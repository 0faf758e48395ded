ghost use Rattle.std.specs.Prelude.{◌≡◌, ℕ, ◌<◌, ◌≤◌, IsTrue, IfOk, length, slice_index};
ghost use Rattle.std.specs.List.{AllByRecursion};
ghost use Rattle.je_code.specs.CodeAttr.{HasRowsWithin};
ghost use Rattle.je_code.specs.Moved.{IsNewOf};
ghost use Rattle.je_instr.specs.Assembling.{IsProgram};

use je_base::{Run, Text};
use je_code::{CodeAttr, LineRow, Tables, VarRow, map_tables, read_code, write_code};
use je_consts::{Consts, PoolStop};
use je_instr::{CodeFault, Instr, assemble, assembled_offsets, decoded_again, opcodes as op};
use samples::CLASS_A;
use std::test::*;

/// The texts of a pool, from index 1 on.
const NAMES: [&[u8]; 7] = [
    b"LineNumberTable",
    b"LocalVariableTable",
    b"LocalVariableTypeTable",
    b"StackMapTable",
    b"x",
    b"I",
    b"Other",
];

/// Two places of stack and one local, the code `bipush 7`, `istore_0`, `return`, whose instructions
/// begin at 0, 2 and 3, and no handlers. The count of the attributes comes next, at 14.
const CODE: &[u8] = b"\x00\x02\x00\x01\x00\x00\x00\x04\x10\x07\x3b\xb1\x00\x00";

/// Line 5 from offset 0 on and line 6 from offset 3 on.
const LINES: &[u8] = b"\x00\x01\x00\x00\x00\x0a\x00\x02\x00\x00\x00\x05\x00\x03\x00\x06";

/// Line 9 from offset 2 on.
const OTHER_LINES: &[u8] = b"\x00\x01\x00\x00\x00\x06\x00\x01\x00\x02\x00\x09";

/// Variable `x` of type `I` in slot 0, from offset 2 on for two bytes.
const VARS: &[u8] = b"\x00\x02\x00\x00\x00\x0c\x00\x01\x00\x02\x00\x02\x00\x05\x00\x06\x00\x00";

/// The same variable in slot 1, for all of the code.
const TYPES: &[u8] = b"\x00\x03\x00\x00\x00\x0c\x00\x01\x00\x00\x00\x04\x00\x05\x00\x06\x00\x01";

/// A StackMapTable of three bytes, of which none is looked at.
const MAP: &[u8] = b"\x00\x04\x00\x00\x00\x03\x00\x01\xff";

/// An attribute of another name.
const OTHER: &[u8] = b"\x00\x07\x00\x00\x00\x02\x00\x00";

fn run_of(rt: &HostRuntime, bytes: &[u8]) -> Result<Run, Fail>
    ensures { IfOk result (λ run. run ≡ bytes.now) }
{
    let copy = Vec::from_slice(rt.alloc(), bytes)?;
    Ok(Run::of_vec(rt.alloc(), copy)?)
}

fn pool_of(rt: &HostRuntime, texts: &[&[u8]]) -> Result<Consts, Fail> {
    let mut consts = match Consts::read(rt.alloc(), &run_of(rt, b"\x00\x01")?, 0) {
        Ok((consts, _)) => consts,
        Err(_) => return Err("no pool".into()),
    };
    for bytes in texts {
        let text = Text::from_bytes(rt.alloc(), bytes)?.ok_or("a text")?;
        if bytes.len() > 65535 || consts.add_text(&text).is_err() {
            return Err("no room".into());
        }
    }
    Ok(consts)
}

/// The code with these attributes.
fn info_of(rt: &HostRuntime, attributes: &[&[u8]]) -> Result<Vec<u8>, Fail> {
    let count = u16::try_from(attributes.len()).ok().ok_or("fewer")?;
    let mut bytes = Vec::from_slice(rt.alloc(), CODE)?;
    bytes.extend_from_slice(&count.to_be_bytes())?;
    for attribute in attributes {
        bytes.extend_from_slice(attribute)?;
    }
    Ok(bytes)
}

/// What these bytes are read as, over these constants.
fn read(rt: &HostRuntime, bytes: &[u8], consts: &Consts) -> Result<CodeAttr, Fail>
    ensures rows { IfOk result HasRowsWithin }
    ensures program { IfOk result (λ c. IsProgram c.decoded.program) }
{
    decoded_again();

    match read_code(rt.alloc(), &run_of(rt, bytes)?, consts) {
        Ok(code) => Ok(code),
        Err(fault) => Err(format!(in rt.alloc(); "{fault:?}")?.into()),
    }
}

/// What the code is read as with these attributes.
fn code_with(rt: &HostRuntime, attributes: &[&[u8]]) -> Result<CodeAttr, Fail>
    ensures rows { IfOk result HasRowsWithin }
    ensures program { IfOk result (λ c. IsProgram c.decoded.program) }
{
    let bytes = info_of(rt, attributes)?;
    let consts = pool_of(rt, &NAMES)?;
    read(rt, &bytes, &consts)
}

/// Why these bytes are not read, or `None` where they are.
fn fault_of(rt: &HostRuntime, bytes: &[u8]) -> Result<Option<CodeFault>, Fail> {
    let consts = pool_of(rt, &NAMES)?;
    Ok(read_code(rt.alloc(), &run_of(rt, bytes)?, &consts).err())
}

/// Whether the numbers never fall.
fn rises(list: &[u32]) -> bool
    ensures { IsTrue result → (i j : ℕ) → i ≤ j → j < length list.now →
        slice_index list.now i ≤ slice_index list.now j }
{
    list.is_sorted()
}

/// Whether the numbers are at most this one.
fn are_within(list: &[u32], most: u32) -> bool
    ensures { IsTrue result → AllByRecursion (λ index. index ≤ most) list.now }
{
    list.iter().all(|index| *index <= most)
}

/// Whether these are the new indexes of so many instructions, in code of as many as are counted.
fn is_new_of(old: usize, count: u32, new_of: &[u32]) -> bool
    ensures { IsTrue result → IsNewOf old count new_of.now }
{
    !new_of.is_empty() && new_of.len() - 1 == old && rises(new_of) && are_within(new_of, count)
}

/// The tables where the instructions move.
fn moved(rt: &HostRuntime, code: &CodeAttr, new_of: &[u32], count: u32) -> Result<Tables, Fail>
    requires rows { HasRowsWithin code.now }
{
    if !is_new_of(code.decoded.program.instrs.len(), count, new_of) {
        return Err("no map".into());
    }
    Ok(map_tables(rt.alloc(), code, new_of, count)?)
}

/// What the code is written as, with its instructions where they are.
fn written(
    rt: &HostRuntime,
    code: &CodeAttr,
    consts: &mut Consts,
) -> Result<Result<Vec<u8>, PoolStop>, Fail>
    requires rows { HasRowsWithin code.now }
    requires program { IsProgram code.now.decoded.program }
{
    assembled_offsets();

    let count = u32::try_from(code.decoded.program.instrs.len())
        .ok()
        .ok_or("fewer")?;
    let mut new_of = Vec::new(rt.alloc());
    for index in 0..count {
        new_of.push(index)?;
    }
    new_of.push(count)?;
    if !is_new_of(code.decoded.program.instrs.len(), count, &new_of) {
        return Err("no map".into());
    }
    let tables = map_tables(rt.alloc(), code, &new_of, count)?;
    let found = match assemble(rt.alloc(), &code.decoded.program) {
        Ok(found) => found,
        Err(_) => return Err("no code".into()),
    };
    if found.code.is_empty() || found.code.len() > 65535 || found.table.len() > 65535 {
        return Err("too long".into());
    }
    let map = match &code.map {
        Some(bytes) => Some(bytes.as_slice()),
        None => None,
    };
    let (stack, locals) = (code.max_stack, code.max_locals);
    Ok(write_code(rt.alloc(), &found, stack, locals, &tables, map, consts))
}

/// A row of variable `x`.
fn row(start: u32, end: u32, slot: u16) -> VarRow {
    VarRow {
        start,
        end,
        name: 5,
        sig: 6,
        slot,
    }
}

#[test]
fn class_a(rt: HostRuntime) -> Result<(), Fail> {
    let mut consts = match Consts::read(rt.alloc(), &run_of(&rt, &CLASS_A)?, 8) {
        Ok((consts, _)) => consts,
        Err(_) => return Err("no pool".into()),
    };
    let info = CLASS_A.get(96..112).ok_or("fewer bytes")?;
    let code = read(&rt, info, &consts)?;
    assert!(rt;
        matches!(
            code.decoded.program.instrs.as_slice(),
            [
                Instr::Invoke(op::INVOKESTATIC, 10),
                Instr::Simple(op::RETURN)
            ]
        )
    );
    assert_eq!(rt; code.decoded.offsets.as_slice(), [0, 3, 4].as_slice());
    assert!(rt; code.decoded.program.handlers.is_empty() && code.map.is_none());
    assert_eq!(rt; (code.max_stack, code.max_locals), (0, 0));
    let tables = moved(&rt, &code, &[0, 1, 2], 2)?;
    assert!(rt; tables.lines.is_empty() && tables.vars.is_empty() && tables.var_types.is_empty());
    let again = written(&rt, &code, &mut consts)?;
    assert!(rt; matches!(&again, Ok(bytes) if bytes.as_slice() == info));
    assert_eq!(rt; consts.count(), 11);
    Ok(())
}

------------------------------------------------

• [The problem]: Retype the records above from the very first line down to the line with "Two places of", keeping both of those lines. Include nothing beyond them.

• [Exercise answer]:
repository 0faf758e48395ded
ghost use Rattle.std.specs.Prelude.{◌≡◌, ℕ, ◌<◌, ◌≤◌, IsTrue, IfOk, length, slice_index};
ghost use Rattle.std.specs.List.{AllByRecursion};
ghost use Rattle.je_code.specs.CodeAttr.{HasRowsWithin};
ghost use Rattle.je_code.specs.Moved.{IsNewOf};
ghost use Rattle.je_instr.specs.Assembling.{IsProgram};

use je_base::{Run, Text};
use je_code::{CodeAttr, LineRow, Tables, VarRow, map_tables, read_code, write_code};
use je_consts::{Consts, PoolStop};
use je_instr::{CodeFault, Instr, assemble, assembled_offsets, decoded_again, opcodes as op};
use samples::CLASS_A;
use std::test::*;

/// The texts of a pool, from index 1 on.
const NAMES: [&[u8]; 7] = [
    b"LineNumberTable",
    b"LocalVariableTable",
    b"LocalVariableTypeTable",
    b"StackMapTable",
    b"x",
    b"I",
    b"Other",
];

/// Two places of stack and one local, the code `bipush 7`, `istore_0`, `return`, whose instructions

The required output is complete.